(Stored data)

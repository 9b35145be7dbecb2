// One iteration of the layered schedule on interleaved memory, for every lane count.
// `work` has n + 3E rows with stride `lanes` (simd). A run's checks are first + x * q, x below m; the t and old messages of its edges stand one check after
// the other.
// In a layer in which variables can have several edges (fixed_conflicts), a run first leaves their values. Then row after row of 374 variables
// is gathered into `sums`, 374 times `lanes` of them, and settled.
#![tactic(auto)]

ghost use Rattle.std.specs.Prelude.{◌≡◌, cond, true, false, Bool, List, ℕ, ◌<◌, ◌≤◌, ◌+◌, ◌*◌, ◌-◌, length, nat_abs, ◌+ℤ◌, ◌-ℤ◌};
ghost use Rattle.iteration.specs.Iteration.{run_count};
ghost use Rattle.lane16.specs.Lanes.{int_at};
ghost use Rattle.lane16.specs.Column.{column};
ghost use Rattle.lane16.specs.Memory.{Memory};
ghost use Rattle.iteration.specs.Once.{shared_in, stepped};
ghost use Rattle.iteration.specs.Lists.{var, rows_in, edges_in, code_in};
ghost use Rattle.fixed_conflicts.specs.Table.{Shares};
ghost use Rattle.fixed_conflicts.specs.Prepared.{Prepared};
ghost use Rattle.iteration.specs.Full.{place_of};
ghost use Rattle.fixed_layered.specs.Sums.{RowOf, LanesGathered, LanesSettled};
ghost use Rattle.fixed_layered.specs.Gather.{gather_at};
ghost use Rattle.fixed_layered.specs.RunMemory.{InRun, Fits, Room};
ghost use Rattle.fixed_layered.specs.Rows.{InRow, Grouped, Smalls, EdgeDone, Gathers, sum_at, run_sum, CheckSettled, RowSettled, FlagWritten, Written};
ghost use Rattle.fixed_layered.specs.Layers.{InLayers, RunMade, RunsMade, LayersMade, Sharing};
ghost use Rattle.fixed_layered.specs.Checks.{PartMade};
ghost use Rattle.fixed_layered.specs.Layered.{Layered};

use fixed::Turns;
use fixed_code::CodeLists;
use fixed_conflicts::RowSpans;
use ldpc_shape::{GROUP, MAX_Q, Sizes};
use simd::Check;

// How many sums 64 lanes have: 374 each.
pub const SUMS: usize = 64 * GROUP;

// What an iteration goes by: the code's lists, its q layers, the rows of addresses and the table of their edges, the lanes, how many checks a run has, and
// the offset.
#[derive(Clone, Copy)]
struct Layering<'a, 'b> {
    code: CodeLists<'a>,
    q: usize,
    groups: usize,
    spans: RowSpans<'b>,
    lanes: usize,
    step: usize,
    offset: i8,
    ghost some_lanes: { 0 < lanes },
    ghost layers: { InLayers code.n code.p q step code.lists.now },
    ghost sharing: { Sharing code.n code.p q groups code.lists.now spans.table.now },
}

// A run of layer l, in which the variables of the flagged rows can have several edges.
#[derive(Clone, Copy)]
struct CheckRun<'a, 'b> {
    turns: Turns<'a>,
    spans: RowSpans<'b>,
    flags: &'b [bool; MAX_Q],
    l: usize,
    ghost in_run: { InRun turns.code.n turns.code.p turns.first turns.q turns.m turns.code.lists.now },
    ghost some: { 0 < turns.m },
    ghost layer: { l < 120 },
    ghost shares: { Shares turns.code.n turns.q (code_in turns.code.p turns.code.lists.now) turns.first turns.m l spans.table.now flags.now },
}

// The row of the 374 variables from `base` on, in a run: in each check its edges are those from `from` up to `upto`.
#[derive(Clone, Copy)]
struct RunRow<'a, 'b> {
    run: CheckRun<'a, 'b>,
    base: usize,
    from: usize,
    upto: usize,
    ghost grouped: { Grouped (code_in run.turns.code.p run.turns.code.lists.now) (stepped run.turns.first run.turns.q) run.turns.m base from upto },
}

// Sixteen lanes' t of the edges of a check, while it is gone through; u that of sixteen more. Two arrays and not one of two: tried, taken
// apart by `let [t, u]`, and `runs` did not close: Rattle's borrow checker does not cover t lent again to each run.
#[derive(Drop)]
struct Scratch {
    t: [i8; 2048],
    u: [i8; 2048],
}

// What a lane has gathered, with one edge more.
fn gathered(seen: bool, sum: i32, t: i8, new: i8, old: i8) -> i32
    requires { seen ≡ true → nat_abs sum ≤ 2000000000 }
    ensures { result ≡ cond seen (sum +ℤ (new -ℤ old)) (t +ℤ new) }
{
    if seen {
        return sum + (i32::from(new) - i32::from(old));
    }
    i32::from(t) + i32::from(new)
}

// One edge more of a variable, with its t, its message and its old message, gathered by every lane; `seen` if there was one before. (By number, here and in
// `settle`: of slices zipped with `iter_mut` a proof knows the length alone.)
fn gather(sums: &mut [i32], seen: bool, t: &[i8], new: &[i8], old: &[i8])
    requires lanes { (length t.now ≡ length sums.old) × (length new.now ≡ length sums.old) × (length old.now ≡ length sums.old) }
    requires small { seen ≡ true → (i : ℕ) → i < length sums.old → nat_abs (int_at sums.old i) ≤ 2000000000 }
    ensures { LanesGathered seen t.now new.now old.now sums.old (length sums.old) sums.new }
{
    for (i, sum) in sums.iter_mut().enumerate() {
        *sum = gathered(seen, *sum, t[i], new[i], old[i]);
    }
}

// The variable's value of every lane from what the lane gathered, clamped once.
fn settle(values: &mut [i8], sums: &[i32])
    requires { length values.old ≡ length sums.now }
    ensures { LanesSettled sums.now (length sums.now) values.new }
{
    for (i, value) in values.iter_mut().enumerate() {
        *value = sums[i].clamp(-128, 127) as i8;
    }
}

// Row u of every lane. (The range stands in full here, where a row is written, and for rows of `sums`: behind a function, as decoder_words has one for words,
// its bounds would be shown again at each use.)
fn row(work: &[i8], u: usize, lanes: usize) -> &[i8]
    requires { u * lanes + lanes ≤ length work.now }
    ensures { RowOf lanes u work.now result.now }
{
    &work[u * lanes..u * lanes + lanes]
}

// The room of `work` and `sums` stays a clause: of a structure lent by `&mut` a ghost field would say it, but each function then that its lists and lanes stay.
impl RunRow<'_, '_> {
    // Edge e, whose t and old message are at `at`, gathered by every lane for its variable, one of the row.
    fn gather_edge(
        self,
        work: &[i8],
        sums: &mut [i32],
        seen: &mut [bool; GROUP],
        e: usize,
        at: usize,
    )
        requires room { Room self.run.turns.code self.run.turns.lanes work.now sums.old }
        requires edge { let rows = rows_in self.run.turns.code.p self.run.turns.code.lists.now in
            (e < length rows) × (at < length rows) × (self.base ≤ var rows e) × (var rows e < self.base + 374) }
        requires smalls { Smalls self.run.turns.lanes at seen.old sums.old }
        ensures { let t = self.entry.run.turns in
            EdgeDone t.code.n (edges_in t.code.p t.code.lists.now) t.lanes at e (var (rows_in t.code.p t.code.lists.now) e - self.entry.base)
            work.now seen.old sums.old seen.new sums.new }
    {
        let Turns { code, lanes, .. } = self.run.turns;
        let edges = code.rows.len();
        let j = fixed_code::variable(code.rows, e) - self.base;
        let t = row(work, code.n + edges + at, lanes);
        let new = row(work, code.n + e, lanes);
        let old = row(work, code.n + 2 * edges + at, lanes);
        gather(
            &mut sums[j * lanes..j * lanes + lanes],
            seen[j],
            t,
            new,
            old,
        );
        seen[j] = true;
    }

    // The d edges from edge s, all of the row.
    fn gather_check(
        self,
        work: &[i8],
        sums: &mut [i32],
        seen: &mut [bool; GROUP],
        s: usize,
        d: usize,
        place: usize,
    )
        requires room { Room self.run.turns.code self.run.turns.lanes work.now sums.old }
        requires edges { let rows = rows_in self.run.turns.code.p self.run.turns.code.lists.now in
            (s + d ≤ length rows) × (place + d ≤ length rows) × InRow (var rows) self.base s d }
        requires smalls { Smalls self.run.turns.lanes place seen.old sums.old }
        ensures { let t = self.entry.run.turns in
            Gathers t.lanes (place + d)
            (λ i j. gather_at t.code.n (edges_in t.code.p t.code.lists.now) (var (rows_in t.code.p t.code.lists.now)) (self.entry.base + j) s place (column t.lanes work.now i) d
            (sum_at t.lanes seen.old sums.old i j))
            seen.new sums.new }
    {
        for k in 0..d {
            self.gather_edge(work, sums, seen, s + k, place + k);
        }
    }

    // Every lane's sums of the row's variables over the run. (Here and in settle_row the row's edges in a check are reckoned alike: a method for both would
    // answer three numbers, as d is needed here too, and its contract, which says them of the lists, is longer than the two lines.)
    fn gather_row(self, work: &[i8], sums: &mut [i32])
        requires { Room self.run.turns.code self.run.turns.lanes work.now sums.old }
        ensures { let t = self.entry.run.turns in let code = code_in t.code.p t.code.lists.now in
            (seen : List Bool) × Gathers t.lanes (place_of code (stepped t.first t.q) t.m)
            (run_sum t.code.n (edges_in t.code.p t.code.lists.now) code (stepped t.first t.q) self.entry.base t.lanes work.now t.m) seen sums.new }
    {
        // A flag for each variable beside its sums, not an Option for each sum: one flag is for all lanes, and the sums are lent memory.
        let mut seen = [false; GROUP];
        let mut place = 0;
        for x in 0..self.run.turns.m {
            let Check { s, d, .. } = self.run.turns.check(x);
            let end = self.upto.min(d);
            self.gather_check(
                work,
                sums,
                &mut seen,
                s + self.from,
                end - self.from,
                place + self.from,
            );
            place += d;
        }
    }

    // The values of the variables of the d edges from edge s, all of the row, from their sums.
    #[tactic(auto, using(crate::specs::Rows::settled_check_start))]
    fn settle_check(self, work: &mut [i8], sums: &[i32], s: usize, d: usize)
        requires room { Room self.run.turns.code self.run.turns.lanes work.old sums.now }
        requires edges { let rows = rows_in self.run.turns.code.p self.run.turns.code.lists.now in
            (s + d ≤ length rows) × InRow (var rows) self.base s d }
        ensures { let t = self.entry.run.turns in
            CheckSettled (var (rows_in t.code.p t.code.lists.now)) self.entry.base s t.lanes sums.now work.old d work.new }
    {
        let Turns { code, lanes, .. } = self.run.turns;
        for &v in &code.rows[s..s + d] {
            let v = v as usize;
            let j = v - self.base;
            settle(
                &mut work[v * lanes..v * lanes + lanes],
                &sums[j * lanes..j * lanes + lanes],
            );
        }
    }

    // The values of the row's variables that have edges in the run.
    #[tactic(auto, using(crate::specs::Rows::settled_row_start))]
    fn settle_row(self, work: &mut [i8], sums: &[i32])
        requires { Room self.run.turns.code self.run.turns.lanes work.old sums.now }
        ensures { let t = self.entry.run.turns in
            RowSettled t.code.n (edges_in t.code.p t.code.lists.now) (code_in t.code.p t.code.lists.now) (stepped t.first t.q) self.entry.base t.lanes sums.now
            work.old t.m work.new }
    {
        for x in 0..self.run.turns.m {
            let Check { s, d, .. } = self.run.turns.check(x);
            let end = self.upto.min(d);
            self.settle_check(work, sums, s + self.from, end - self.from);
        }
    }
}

---

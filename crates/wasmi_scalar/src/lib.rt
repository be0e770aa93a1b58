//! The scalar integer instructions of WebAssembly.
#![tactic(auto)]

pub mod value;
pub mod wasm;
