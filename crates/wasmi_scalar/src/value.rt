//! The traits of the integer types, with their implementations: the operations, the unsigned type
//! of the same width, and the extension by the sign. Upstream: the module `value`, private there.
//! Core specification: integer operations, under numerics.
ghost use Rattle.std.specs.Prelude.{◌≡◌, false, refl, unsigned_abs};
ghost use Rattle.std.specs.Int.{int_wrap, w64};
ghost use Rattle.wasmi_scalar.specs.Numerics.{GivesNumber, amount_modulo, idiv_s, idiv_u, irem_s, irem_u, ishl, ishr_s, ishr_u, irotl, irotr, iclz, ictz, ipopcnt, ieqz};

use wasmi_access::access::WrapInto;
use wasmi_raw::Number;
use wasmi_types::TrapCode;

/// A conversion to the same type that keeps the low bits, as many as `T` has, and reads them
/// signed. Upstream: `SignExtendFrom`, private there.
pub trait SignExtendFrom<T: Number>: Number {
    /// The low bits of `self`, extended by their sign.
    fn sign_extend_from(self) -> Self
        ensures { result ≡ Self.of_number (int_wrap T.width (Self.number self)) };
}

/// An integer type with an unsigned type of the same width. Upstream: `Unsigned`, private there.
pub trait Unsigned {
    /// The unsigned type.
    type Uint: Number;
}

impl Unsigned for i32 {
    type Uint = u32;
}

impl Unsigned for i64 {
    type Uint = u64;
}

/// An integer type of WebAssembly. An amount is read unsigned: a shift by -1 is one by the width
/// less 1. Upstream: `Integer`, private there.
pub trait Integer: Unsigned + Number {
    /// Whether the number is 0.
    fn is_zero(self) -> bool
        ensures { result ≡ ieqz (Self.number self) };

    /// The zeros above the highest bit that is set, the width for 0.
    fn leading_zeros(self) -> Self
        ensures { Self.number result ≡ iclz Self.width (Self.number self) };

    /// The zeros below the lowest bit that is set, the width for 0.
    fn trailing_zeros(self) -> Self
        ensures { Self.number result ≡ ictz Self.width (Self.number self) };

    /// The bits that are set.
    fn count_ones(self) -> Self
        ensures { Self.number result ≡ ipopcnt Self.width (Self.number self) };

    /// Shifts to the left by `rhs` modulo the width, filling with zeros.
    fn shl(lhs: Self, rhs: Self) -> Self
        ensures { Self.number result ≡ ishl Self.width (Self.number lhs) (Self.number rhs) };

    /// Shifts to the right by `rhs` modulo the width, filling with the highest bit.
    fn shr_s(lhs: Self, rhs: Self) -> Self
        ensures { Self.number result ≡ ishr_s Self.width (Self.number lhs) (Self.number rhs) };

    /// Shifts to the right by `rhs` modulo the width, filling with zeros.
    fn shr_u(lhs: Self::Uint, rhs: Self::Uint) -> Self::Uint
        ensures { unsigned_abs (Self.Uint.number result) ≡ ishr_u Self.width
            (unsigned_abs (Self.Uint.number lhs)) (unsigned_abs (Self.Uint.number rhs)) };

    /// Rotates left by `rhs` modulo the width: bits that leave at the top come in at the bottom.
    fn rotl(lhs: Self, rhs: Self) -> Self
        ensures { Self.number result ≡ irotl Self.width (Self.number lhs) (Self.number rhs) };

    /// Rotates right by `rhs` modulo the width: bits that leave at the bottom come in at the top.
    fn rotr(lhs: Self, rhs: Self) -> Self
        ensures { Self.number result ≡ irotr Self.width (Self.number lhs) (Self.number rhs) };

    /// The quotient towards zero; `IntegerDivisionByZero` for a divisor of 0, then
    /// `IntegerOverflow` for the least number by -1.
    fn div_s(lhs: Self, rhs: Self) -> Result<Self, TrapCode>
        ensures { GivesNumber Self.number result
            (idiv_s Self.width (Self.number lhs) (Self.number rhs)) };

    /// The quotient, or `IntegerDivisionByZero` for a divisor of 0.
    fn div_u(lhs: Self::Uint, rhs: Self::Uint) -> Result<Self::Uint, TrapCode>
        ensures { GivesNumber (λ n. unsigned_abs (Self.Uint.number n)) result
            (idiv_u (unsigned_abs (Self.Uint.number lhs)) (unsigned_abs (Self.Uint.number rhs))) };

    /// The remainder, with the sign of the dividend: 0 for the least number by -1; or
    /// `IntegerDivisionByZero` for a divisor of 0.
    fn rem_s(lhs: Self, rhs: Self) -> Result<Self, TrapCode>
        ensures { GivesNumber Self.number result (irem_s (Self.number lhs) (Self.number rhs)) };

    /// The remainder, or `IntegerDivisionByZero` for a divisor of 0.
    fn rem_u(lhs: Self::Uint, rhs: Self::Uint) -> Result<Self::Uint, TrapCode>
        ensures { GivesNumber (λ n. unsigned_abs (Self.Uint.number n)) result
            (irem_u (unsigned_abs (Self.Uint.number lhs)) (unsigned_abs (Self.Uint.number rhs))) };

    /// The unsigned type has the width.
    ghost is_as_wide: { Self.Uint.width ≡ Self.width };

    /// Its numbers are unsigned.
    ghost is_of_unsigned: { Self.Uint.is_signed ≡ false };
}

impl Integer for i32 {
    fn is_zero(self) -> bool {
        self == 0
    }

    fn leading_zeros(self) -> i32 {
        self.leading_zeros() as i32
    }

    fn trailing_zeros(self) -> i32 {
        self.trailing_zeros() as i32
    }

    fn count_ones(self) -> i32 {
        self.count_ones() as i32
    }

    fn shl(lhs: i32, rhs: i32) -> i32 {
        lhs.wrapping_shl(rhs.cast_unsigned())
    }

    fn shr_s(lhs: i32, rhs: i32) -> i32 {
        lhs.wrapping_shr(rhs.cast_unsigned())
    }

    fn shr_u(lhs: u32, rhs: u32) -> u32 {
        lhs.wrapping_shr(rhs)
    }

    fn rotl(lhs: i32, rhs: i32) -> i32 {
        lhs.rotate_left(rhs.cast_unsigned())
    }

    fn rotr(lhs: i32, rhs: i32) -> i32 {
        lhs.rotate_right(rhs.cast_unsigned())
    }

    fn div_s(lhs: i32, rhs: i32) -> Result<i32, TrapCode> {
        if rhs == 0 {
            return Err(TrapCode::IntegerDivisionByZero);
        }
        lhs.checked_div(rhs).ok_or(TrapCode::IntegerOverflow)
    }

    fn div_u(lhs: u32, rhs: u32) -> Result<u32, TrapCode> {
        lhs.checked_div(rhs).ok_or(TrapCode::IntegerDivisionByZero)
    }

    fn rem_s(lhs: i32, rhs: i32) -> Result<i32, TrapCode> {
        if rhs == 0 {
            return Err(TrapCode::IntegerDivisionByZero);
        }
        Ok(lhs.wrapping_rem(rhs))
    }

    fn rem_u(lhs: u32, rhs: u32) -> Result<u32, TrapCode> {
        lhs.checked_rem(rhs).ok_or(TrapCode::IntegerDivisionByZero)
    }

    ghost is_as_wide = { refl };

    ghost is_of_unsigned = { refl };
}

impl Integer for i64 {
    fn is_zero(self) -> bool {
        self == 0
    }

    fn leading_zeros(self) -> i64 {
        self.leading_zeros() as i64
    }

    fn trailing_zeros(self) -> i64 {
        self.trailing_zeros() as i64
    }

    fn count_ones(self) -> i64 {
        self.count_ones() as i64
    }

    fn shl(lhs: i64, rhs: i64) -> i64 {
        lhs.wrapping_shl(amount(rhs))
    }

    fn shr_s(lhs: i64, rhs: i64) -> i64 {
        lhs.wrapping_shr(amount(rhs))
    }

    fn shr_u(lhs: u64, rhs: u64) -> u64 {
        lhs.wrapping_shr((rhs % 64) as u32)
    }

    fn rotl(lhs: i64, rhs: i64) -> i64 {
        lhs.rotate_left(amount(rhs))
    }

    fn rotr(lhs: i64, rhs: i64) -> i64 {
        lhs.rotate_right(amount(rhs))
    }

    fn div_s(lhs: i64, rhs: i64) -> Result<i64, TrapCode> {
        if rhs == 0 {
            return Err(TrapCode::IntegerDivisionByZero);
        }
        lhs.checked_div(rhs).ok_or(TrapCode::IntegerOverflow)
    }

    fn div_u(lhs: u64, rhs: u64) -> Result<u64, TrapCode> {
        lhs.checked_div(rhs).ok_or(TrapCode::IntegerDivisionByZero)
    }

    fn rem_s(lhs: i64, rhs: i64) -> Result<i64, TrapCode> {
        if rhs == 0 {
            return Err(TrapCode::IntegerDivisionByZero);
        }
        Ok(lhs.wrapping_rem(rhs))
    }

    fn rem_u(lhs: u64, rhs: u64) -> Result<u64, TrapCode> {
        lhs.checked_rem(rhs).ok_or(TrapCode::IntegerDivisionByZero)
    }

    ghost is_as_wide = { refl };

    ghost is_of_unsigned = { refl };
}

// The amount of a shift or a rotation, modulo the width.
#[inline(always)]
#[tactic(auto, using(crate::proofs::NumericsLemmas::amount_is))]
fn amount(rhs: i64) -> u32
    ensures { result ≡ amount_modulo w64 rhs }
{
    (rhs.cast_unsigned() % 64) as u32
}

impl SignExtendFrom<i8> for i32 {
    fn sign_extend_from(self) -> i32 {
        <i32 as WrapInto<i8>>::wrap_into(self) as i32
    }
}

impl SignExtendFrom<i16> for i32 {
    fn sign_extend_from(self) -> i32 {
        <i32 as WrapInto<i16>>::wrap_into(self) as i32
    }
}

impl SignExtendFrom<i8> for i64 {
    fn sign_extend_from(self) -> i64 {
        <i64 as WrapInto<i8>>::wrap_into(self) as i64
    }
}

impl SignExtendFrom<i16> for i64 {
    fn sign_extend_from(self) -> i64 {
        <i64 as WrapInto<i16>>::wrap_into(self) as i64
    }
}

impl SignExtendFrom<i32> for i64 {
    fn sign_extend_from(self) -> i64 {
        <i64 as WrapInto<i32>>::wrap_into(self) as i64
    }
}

Task directions: Each line above that holds the string "numbers" should be copied and shown.

Task output:
    // answer three numbers, as d is needed here too, and its contract, which says them of the lists, is longer than the two lines.)
    /// Its numbers are unsigned.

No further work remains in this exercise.